Task directions:
Exact reproduction required: the lines below from the line with "let count = count_together(cells);" to the line with "is found together.", both ends included, and no others.

Data for this task:
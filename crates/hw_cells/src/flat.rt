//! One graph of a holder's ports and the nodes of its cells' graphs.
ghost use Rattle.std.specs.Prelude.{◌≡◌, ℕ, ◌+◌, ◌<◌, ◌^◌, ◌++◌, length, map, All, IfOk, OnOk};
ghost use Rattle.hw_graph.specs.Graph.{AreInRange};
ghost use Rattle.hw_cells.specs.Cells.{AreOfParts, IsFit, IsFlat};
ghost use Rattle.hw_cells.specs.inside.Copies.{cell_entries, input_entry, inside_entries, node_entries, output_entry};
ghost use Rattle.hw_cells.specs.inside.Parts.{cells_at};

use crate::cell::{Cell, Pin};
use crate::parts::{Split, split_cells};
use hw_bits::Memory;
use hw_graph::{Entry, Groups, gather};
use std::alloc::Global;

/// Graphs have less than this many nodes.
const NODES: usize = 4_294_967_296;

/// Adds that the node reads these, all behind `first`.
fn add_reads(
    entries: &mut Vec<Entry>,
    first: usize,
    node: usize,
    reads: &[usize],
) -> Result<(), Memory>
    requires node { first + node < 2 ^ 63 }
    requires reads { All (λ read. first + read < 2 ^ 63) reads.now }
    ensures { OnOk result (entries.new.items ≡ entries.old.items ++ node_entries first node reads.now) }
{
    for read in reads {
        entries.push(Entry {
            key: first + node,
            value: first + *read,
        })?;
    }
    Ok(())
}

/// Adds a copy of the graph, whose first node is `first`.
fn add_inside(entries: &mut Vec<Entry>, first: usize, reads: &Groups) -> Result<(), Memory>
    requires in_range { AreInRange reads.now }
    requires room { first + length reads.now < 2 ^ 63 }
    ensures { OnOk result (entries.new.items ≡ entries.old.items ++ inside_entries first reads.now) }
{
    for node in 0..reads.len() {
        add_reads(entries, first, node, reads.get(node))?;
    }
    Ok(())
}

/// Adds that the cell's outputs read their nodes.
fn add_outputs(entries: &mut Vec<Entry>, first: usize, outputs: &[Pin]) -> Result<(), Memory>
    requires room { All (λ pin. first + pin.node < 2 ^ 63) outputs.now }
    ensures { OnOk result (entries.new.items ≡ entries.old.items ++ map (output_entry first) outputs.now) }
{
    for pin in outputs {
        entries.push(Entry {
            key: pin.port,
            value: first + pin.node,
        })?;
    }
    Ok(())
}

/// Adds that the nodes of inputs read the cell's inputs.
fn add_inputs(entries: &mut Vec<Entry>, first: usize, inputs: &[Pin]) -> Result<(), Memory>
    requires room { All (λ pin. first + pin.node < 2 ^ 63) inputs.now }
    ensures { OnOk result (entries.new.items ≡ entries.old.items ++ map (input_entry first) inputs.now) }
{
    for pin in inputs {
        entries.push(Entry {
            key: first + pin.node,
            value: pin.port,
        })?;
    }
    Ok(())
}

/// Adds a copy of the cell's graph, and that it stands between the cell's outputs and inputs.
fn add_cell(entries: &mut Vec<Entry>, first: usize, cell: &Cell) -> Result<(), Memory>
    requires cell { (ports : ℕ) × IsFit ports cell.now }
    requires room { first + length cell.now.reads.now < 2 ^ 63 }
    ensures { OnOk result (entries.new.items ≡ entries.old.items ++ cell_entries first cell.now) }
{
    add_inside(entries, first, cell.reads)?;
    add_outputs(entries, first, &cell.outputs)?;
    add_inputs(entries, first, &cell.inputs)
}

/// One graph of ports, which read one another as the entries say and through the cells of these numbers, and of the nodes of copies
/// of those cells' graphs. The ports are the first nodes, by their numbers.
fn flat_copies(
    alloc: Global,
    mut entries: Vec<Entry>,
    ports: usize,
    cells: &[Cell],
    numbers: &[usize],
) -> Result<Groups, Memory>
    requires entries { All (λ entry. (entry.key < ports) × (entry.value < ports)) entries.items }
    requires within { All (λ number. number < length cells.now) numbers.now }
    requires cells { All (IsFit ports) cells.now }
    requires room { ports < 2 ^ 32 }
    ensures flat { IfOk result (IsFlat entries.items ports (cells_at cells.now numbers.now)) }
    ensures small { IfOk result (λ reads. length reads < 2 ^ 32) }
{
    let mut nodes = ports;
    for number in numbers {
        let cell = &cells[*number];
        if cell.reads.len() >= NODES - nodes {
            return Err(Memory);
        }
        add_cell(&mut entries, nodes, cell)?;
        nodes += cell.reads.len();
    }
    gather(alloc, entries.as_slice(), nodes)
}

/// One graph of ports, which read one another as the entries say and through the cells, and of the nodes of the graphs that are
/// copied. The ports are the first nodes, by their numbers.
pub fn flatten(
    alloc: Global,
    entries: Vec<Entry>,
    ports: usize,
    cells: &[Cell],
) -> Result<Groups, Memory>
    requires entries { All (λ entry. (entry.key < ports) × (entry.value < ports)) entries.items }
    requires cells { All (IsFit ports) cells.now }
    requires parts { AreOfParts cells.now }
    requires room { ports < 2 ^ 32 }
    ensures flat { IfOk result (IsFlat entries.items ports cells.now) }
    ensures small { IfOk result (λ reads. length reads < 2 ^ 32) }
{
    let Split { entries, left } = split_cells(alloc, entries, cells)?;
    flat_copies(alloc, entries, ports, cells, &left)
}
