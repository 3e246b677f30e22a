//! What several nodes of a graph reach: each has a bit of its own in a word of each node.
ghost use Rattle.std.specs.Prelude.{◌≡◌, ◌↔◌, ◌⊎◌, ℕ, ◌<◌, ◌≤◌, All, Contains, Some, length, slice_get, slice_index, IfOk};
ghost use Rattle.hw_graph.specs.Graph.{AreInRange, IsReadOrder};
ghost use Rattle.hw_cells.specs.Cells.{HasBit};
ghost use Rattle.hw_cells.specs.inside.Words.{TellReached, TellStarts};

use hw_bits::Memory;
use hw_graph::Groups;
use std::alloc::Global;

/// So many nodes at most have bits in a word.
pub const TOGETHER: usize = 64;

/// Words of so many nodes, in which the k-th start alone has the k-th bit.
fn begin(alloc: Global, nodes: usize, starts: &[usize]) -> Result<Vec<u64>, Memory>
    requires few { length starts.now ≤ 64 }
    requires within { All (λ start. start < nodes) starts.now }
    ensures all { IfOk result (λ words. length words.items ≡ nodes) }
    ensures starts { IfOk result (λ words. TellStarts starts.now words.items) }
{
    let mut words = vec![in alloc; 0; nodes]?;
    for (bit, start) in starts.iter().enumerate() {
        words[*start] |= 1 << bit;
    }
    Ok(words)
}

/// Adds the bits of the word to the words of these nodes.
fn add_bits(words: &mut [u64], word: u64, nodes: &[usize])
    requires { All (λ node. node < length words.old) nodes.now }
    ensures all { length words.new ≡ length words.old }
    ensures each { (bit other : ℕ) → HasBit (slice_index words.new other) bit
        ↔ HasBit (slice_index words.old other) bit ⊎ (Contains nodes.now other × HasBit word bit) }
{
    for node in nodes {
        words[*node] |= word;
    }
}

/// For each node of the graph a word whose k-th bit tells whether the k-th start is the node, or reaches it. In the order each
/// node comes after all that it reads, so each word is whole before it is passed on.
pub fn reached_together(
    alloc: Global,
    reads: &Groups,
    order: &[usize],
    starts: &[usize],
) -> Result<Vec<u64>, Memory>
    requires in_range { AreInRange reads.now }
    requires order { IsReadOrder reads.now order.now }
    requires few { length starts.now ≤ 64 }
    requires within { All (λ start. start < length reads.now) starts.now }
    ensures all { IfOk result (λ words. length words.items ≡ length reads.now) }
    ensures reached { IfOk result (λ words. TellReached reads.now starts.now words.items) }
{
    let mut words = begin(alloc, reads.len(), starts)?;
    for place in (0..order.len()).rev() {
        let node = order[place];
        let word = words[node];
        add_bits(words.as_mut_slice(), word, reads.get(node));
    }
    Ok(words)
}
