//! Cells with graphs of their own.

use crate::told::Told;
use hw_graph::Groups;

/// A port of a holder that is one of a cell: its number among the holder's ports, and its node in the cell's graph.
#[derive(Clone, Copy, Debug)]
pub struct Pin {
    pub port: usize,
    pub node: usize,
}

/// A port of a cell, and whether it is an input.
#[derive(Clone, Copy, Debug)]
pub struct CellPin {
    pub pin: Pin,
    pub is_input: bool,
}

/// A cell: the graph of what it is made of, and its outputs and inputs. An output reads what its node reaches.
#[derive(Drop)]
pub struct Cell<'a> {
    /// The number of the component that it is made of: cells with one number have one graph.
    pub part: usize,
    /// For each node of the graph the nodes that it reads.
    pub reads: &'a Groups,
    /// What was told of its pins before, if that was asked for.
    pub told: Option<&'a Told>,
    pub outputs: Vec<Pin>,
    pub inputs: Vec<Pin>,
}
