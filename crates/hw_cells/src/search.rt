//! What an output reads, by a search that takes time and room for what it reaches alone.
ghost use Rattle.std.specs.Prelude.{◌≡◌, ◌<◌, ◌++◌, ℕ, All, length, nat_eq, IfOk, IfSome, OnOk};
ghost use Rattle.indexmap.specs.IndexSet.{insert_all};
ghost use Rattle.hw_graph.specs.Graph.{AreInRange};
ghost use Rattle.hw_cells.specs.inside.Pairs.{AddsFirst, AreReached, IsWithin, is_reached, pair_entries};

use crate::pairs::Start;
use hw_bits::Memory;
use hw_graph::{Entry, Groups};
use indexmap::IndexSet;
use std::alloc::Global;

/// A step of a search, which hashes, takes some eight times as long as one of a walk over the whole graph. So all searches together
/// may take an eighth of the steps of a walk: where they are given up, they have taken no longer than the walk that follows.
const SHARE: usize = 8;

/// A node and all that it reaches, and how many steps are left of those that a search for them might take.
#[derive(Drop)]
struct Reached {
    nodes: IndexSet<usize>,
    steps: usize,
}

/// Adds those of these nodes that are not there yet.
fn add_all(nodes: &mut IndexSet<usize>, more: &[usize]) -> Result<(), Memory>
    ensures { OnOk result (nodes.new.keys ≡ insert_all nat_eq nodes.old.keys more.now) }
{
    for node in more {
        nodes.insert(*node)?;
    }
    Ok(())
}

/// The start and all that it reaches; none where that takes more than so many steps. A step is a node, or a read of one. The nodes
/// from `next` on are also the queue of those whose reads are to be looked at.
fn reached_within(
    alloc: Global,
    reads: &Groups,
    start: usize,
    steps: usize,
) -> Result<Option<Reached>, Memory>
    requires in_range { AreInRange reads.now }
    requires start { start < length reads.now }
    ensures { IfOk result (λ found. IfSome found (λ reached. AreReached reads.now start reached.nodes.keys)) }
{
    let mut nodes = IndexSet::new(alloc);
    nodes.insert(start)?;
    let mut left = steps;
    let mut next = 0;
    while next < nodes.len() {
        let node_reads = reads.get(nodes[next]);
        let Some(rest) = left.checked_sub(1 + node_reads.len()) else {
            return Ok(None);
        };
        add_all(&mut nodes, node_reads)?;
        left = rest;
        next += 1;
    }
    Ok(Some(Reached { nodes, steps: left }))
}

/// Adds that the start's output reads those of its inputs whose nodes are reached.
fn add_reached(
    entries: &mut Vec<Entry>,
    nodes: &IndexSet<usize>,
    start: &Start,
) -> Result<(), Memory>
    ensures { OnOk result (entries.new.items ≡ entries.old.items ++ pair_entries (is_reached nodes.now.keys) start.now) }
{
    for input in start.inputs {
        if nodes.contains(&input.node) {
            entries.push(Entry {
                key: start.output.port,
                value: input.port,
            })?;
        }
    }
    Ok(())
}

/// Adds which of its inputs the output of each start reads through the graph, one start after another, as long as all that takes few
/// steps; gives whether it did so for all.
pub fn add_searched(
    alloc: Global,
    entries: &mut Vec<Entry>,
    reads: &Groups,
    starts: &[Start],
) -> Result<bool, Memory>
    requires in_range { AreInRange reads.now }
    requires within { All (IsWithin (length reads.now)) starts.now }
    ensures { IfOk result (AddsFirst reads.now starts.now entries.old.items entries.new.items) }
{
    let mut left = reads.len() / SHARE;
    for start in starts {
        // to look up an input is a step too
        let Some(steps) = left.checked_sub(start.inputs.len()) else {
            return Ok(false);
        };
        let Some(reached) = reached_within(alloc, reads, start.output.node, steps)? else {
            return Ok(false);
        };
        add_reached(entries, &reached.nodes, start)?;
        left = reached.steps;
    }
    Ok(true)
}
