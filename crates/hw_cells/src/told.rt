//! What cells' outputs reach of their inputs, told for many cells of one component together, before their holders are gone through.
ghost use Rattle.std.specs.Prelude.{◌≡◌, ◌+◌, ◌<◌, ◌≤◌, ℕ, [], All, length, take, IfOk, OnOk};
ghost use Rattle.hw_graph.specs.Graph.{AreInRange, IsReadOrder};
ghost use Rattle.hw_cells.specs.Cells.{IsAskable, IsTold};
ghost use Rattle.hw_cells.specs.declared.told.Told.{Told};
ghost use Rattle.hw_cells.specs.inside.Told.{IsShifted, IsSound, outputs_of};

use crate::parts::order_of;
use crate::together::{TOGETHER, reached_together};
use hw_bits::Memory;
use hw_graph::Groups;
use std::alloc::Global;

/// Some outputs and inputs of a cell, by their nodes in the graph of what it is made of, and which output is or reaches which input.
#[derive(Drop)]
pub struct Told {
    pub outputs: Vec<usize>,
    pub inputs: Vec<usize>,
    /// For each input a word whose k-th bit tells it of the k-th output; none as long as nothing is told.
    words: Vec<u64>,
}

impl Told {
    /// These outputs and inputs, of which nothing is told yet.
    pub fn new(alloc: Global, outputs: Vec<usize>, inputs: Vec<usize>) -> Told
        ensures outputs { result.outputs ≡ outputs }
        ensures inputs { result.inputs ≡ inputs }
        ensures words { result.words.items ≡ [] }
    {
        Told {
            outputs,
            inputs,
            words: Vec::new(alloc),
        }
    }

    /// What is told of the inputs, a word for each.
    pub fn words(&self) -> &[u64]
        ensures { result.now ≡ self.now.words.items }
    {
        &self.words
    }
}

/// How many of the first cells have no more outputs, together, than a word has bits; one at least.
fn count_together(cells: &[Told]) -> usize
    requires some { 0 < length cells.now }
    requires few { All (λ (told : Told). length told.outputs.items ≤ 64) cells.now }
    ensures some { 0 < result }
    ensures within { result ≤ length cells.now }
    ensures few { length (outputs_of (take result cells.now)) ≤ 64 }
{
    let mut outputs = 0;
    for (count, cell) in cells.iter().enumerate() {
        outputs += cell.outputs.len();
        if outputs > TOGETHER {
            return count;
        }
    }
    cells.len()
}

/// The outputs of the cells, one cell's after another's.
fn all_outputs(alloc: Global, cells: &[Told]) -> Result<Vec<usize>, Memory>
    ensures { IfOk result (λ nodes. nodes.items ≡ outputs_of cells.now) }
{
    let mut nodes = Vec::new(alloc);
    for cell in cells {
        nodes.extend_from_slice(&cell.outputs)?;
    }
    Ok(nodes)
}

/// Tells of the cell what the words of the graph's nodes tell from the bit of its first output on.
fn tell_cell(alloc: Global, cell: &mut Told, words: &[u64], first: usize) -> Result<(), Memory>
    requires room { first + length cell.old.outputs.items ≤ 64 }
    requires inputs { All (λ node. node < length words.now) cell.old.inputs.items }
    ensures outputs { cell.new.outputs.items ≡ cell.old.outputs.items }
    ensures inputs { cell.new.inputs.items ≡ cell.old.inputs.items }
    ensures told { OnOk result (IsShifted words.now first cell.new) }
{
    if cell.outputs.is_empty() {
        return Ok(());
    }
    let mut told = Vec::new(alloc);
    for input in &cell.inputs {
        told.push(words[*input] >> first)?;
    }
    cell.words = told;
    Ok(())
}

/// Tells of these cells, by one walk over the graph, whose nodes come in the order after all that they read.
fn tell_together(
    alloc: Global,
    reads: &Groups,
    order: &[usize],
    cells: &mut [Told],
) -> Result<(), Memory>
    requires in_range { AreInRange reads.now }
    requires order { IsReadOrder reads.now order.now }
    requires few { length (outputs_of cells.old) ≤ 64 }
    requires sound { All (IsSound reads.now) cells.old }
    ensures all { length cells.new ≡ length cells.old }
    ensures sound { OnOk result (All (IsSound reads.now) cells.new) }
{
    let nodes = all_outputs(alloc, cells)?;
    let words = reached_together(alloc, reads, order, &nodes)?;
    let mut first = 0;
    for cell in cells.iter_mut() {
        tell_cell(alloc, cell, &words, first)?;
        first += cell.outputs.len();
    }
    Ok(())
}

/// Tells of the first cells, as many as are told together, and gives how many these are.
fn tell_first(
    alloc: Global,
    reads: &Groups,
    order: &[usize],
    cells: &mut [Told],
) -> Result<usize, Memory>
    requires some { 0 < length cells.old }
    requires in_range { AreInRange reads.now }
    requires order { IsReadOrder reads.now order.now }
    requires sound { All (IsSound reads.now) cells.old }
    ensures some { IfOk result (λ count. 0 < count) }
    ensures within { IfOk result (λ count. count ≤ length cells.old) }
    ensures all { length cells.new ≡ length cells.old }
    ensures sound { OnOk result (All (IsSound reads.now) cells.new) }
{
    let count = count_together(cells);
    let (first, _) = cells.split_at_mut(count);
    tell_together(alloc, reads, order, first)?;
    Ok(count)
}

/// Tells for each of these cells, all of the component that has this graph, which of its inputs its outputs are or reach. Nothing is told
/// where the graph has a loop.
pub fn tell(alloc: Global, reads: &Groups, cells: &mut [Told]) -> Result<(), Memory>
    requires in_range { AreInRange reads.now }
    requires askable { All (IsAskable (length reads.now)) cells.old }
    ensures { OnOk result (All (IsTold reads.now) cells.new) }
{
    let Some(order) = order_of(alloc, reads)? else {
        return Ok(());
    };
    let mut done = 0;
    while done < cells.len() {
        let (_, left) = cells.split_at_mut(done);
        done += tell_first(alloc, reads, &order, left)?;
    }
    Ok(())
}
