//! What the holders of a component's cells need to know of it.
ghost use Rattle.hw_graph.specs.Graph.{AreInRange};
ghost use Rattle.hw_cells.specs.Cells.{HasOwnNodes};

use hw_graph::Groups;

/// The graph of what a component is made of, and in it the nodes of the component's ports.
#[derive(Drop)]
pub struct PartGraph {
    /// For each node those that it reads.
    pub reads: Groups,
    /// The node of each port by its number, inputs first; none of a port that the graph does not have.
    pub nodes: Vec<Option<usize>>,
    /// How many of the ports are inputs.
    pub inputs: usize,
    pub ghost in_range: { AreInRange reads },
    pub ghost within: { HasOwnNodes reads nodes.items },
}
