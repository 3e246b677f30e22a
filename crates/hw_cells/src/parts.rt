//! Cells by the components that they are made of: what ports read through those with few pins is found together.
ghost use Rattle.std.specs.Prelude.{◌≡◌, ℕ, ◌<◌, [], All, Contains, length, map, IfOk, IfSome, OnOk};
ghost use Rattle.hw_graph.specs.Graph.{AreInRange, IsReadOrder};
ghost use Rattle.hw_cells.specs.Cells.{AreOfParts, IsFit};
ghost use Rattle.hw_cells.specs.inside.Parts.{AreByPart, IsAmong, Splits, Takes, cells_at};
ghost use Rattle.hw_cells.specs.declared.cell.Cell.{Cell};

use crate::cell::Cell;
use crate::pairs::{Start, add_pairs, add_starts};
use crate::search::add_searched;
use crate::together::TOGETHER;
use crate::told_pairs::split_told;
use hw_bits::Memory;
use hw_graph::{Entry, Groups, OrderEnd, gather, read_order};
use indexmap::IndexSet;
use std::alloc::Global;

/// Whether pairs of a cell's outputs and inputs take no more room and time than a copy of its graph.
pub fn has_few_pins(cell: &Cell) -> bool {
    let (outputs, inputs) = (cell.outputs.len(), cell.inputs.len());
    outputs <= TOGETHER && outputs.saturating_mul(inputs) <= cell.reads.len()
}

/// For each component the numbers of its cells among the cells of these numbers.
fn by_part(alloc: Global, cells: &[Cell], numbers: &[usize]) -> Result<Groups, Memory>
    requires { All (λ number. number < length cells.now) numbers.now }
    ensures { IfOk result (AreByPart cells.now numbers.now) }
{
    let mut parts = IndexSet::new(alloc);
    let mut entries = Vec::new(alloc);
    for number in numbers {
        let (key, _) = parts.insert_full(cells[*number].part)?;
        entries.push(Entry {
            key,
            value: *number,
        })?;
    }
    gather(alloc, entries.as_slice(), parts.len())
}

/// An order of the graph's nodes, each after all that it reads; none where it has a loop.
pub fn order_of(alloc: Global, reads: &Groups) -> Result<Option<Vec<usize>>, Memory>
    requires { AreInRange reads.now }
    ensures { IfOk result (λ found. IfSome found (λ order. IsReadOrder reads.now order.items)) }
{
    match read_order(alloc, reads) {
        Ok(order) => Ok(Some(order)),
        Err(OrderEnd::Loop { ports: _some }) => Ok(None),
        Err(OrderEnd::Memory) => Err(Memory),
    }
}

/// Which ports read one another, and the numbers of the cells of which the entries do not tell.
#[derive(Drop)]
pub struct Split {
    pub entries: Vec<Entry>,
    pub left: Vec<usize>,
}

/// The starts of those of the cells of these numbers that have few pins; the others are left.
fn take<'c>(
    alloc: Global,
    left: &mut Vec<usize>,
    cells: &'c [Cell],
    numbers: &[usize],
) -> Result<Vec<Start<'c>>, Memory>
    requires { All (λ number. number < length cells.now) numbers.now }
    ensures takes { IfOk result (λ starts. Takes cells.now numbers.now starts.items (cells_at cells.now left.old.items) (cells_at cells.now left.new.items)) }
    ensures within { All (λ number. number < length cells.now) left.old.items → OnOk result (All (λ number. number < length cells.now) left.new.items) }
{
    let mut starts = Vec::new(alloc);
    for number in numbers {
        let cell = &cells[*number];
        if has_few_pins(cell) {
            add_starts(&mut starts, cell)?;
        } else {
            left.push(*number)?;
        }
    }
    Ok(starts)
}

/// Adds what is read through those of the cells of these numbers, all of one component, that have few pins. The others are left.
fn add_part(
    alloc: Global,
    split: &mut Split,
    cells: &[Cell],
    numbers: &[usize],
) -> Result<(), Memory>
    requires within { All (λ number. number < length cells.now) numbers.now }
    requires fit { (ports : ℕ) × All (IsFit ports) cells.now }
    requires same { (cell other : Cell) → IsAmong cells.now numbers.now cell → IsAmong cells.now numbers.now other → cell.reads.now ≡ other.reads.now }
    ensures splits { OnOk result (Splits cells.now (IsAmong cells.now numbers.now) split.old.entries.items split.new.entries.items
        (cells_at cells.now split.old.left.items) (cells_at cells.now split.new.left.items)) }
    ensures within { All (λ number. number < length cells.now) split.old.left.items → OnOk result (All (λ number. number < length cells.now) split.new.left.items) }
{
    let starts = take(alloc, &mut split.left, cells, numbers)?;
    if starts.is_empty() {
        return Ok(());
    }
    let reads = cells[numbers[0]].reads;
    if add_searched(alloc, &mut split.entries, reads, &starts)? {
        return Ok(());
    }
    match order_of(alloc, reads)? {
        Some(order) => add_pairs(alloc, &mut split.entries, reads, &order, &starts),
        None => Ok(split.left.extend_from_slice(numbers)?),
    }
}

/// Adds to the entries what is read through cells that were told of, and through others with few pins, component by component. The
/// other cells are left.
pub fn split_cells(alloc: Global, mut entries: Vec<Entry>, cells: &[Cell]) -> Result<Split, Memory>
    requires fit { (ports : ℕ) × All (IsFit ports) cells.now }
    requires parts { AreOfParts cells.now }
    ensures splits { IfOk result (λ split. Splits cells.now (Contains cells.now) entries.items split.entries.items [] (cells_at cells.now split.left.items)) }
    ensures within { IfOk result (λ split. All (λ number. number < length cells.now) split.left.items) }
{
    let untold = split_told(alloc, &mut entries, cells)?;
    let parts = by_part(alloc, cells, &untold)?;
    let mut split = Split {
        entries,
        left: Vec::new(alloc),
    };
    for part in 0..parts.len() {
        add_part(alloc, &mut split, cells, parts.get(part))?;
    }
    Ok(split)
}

Expected output:
    let count = count_together(cells);
    let (first, _) = cells.split_at_mut(count);
    tell_together(alloc, reads, order, first)?;
    Ok(count)
}

/// Tells for each of these cells, all of the component that has this graph, which of its inputs its outputs are or reach. Nothing is told
/// where the graph has a loop.
pub fn tell(alloc: Global, reads: &Groups, cells: &mut [Told]) -> Result<(), Memory>
    requires in_range { AreInRange reads.now }
    requires askable { All (IsAskable (length reads.now)) cells.old }
    ensures { OnOk result (All (IsTold reads.now) cells.new) }
{
    let Some(order) = order_of(alloc, reads)? else {
        return Ok(());
    };
    let mut done = 0;
    while done < cells.len() {
        let (_, left) = cells.split_at_mut(done);
        done += tell_first(alloc, reads, &order, left)?;
    }
    Ok(())
}
//! What the holders of a component's cells need to know of it.
ghost use Rattle.hw_graph.specs.Graph.{AreInRange};
ghost use Rattle.hw_cells.specs.Cells.{HasOwnNodes};

use hw_graph::Groups;

/// The graph of what a component is made of, and in it the nodes of the component's ports.
#[derive(Drop)]
pub struct PartGraph {
    /// For each node those that it reads.
    pub reads: Groups,
    /// The node of each port by its number, inputs first; none of a port that the graph does not have.
    pub nodes: Vec<Option<usize>>,
    /// How many of the ports are inputs.
    pub inputs: usize,
    pub ghost in_range: { AreInRange reads },
    pub ghost within: { HasOwnNodes reads nodes.items },
}
repository 3e246b677f30e22a
filename crates/hw_cells/src/parts.rt
//! Cells by the components that they are made of: what ports read through those with few pins is found together.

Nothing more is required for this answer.